* _TASK STATEMENT_
Every line with the string "ensures" in it belongs in your answer, so copy them all from the data.

* _RAW DATA_
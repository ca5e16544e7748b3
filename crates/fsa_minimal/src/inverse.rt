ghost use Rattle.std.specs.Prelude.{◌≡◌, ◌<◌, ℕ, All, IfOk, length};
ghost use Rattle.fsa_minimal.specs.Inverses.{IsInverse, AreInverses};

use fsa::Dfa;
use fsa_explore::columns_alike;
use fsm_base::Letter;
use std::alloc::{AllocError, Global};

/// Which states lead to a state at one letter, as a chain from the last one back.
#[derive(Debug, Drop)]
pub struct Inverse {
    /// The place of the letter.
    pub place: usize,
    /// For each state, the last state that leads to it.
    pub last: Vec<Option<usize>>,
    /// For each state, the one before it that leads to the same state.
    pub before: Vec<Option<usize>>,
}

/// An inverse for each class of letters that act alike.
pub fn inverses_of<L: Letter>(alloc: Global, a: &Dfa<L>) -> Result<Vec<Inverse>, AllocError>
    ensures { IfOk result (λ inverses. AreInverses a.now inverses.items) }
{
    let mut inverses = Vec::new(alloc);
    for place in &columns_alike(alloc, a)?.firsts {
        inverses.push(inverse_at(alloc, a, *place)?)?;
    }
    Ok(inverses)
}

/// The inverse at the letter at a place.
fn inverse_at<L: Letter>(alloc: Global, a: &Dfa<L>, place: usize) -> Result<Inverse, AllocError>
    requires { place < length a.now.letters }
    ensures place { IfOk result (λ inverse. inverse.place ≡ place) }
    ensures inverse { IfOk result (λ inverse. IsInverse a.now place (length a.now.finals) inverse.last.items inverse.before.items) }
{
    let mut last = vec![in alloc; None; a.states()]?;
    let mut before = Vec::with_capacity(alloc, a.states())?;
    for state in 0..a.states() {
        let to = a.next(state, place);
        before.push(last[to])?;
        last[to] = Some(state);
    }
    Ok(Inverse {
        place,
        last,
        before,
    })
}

* _EXERCISE RESPONSE_
    ensures { IfOk result (λ inverses. AreInverses a.now inverses.items) }
    ensures place { IfOk result (λ inverse. inverse.place ≡ place) }
    ensures inverse { IfOk result (λ inverse. IsInverse a.now place (length a.now.finals) inverse.last.items inverse.before.items) }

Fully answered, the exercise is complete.